Give every line below again, exactly as it appears.

§ **Records for this exercise**
########################################

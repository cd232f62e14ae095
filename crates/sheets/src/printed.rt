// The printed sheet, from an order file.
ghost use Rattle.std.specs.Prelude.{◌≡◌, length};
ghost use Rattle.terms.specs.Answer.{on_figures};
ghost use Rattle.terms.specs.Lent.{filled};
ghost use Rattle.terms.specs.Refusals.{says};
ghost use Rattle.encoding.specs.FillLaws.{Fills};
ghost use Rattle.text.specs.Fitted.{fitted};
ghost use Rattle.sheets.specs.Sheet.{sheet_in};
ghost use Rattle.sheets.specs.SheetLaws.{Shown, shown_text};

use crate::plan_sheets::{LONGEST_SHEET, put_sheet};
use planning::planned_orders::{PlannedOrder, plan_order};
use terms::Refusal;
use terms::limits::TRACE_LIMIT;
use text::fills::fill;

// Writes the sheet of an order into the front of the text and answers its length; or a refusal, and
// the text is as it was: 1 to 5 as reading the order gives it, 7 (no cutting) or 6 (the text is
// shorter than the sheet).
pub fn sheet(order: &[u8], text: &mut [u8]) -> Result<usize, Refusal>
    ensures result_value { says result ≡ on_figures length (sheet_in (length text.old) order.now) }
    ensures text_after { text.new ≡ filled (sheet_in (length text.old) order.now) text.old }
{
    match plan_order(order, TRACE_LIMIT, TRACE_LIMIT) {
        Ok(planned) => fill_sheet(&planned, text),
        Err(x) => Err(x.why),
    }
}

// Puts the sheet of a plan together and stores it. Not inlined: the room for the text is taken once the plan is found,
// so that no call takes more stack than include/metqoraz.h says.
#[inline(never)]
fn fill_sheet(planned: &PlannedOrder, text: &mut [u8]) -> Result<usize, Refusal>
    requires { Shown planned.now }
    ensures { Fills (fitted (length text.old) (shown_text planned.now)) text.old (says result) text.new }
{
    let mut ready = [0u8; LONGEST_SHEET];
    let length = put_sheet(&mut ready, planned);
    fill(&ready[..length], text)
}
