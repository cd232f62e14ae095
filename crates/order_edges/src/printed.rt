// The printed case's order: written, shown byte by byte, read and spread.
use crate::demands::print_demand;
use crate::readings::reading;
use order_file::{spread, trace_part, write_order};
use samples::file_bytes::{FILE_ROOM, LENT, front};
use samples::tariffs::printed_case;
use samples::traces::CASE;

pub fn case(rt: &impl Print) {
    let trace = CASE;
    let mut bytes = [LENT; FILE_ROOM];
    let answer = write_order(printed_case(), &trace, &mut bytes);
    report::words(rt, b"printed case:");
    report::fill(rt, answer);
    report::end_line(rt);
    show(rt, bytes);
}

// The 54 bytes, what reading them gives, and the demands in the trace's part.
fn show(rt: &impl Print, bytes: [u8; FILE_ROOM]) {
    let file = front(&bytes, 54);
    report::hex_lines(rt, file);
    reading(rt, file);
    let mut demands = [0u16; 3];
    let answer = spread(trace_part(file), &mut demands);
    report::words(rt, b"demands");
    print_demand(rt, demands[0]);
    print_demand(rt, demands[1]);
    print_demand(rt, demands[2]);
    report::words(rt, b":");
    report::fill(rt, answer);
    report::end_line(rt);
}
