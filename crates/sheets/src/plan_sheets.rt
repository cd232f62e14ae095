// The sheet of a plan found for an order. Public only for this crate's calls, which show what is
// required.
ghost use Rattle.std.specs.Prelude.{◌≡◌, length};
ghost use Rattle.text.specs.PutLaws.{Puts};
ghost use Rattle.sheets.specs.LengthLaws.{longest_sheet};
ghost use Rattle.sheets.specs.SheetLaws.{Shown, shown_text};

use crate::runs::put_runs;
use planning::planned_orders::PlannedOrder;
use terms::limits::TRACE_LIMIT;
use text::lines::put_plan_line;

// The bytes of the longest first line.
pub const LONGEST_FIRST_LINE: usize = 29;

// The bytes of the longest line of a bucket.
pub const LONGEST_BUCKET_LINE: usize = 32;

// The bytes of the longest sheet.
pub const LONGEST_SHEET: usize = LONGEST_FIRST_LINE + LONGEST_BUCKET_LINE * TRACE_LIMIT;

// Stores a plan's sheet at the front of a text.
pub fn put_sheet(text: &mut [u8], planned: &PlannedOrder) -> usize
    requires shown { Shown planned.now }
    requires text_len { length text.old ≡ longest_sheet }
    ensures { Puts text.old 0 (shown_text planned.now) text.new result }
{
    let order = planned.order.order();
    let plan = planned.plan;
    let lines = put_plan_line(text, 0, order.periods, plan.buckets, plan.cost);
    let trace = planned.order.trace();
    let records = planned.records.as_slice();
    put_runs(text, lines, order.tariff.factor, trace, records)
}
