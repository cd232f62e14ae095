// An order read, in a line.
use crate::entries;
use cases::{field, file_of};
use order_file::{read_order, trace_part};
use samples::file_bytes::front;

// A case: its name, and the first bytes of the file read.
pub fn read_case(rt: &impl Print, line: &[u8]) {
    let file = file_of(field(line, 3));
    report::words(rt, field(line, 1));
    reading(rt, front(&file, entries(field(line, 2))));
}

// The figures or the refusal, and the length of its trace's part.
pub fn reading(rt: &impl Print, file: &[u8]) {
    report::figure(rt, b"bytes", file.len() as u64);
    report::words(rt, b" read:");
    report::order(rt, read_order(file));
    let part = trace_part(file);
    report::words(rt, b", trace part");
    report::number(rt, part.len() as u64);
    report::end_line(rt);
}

########################################

§ **Solution for this task**
repository cd232f62e14ae095
filename crates/sheets/src/printed.rt
// The printed sheet, from an order file.
ghost use Rattle.std.specs.Prelude.{◌≡◌, length};
ghost use Rattle.terms.specs.Answer.{on_figures};
ghost use Rattle.terms.specs.Lent.{filled};
ghost use Rattle.terms.specs.Refusals.{says};
ghost use Rattle.encoding.specs.FillLaws.{Fills};
ghost use Rattle.text.specs.Fitted.{fitted};
ghost use Rattle.sheets.specs.Sheet.{sheet_in};
ghost use Rattle.sheets.specs.SheetLaws.{Shown, shown_text};

use crate::plan_sheets::{LONGEST_SHEET, put_sheet};
use planning::planned_orders::{PlannedOrder, plan_order};
use terms::Refusal;
use terms::limits::TRACE_LIMIT;
use text::fills::fill;

// Writes the sheet of an order into the front of the text and answers its length; or a refusal, and
// the text is as it was: 1 to 5 as reading the order gives it, 7 (no cutting) or 6 (the text is
// shorter than the sheet).
pub fn sheet(order: &[u8], text: &mut [u8]) -> Result<usize, Refusal>
    ensures result_value { says result ≡ on_figures length (sheet_in (length text.old) order.now) }
    ensures text_after { text.new ≡ filled (sheet_in (length text.old) order.now) text.old }
{
    match plan_order(order, TRACE_LIMIT, TRACE_LIMIT) {
        Ok(planned) => fill_sheet(&planned, text),
        Err(x) => Err(x.why),
    }
}

// Puts the sheet of a plan together and stores it. Not inlined: the room for the text is taken once the plan is found,
// so that no call takes more stack than include/metqoraz.h says.
#[inline(never)]
fn fill_sheet(planned: &PlannedOrder, text: &mut [u8]) -> Result<usize, Refusal>
    requires { Shown planned.now }
    ensures { Fills (fitted (length text.old) (shown_text planned.now)) text.old (says result) text.new }
{
    let mut ready = [0u8; LONGEST_SHEET];
    let length = put_sheet(&mut ready, planned);
    fill(&ready[..length], text)
}
repository cd232f62e14ae095
filename crates/order_edges/src/printed.rt
// The printed case's order: written, shown byte by byte, read and spread.
use crate::demands::print_demand;
use crate::readings::reading;
use order_file::{spread, trace_part, write_order};
use samples::file_bytes::{FILE_ROOM, LENT, front};
use samples::tariffs::printed_case;
use samples::traces::CASE;

pub fn case(rt: &impl Print) {
    let trace = CASE;
    let mut bytes = [LENT; FILE_ROOM];
    let answer = write_order(printed_case(), &trace, &mut bytes);
    report::words(rt, b"printed case:");
    report::fill(rt, answer);
    report::end_line(rt);
    show(rt, bytes);
}

// The 54 bytes, what reading them gives, and the demands in the trace's part.
fn show(rt: &impl Print, bytes: [u8; FILE_ROOM]) {
    let file = front(&bytes, 54);
    report::hex_lines(rt, file);
    reading(rt, file);
    let mut demands = [0u16; 3];
    let answer = spread(trace_part(file), &mut demands);
    report::words(rt, b"demands");
    print_demand(rt, demands[0]);
    print_demand(rt, demands[1]);
    print_demand(rt, demands[2]);
    report::words(rt, b":");
    report::fill(rt, answer);
    report::end_line(rt);
}
filename crates/sheets/src/plan_sheets.rt
repository cd232f62e14ae095
// The sheet of a plan found for an order. Public only for this crate's calls, which show what is
// required.
ghost use Rattle.std.specs.Prelude.{◌≡◌, length};
ghost use Rattle.text.specs.PutLaws.{Puts};
ghost use Rattle.sheets.specs.LengthLaws.{longest_sheet};
ghost use Rattle.sheets.specs.SheetLaws.{Shown, shown_text};

use crate::runs::put_runs;
use planning::planned_orders::PlannedOrder;
use terms::limits::TRACE_LIMIT;
use text::lines::put_plan_line;

// The bytes of the longest first line.
pub const LONGEST_FIRST_LINE: usize = 29;

// The bytes of the longest line of a bucket.
pub const LONGEST_BUCKET_LINE: usize = 32;

// The bytes of the longest sheet.
pub const LONGEST_SHEET: usize = LONGEST_FIRST_LINE + LONGEST_BUCKET_LINE * TRACE_LIMIT;

// Stores a plan's sheet at the front of a text.
pub fn put_sheet(text: &mut [u8], planned: &PlannedOrder) -> usize
    requires shown { Shown planned.now }
    requires text_len { length text.old ≡ longest_sheet }
    ensures { Puts text.old 0 (shown_text planned.now) text.new result }
{
    let order = planned.order.order();
    let plan = planned.plan;
    let lines = put_plan_line(text, 0, order.periods, plan.buckets, plan.cost);
    let trace = planned.order.trace();
    let records = planned.records.as_slice();
    put_runs(text, lines, order.tariff.factor, trace, records)
}
repository cd232f62e14ae095
// An order read, in a line.
use crate::entries;
use cases::{field, file_of};
use order_file::{read_order, trace_part};
use samples::file_bytes::front;

// A case: its name, and the first bytes of the file read.
pub fn read_case(rt: &impl Print, line: &[u8]) {
    let file = file_of(field(line, 3));
    report::words(rt, field(line, 1));
    reading(rt, front(&file, entries(field(line, 2))));
}

// The figures or the refusal, and the length of its trace's part.
pub fn reading(rt: &impl Print, file: &[u8]) {
    report::figure(rt, b"bytes", file.len() as u64);
    report::words(rt, b" read:");
    report::order(rt, read_order(file));
    let part = trace_part(file);
    report::words(rt, b", trace part");
    report::number(rt, part.len() as u64);
    report::end_line(rt);
}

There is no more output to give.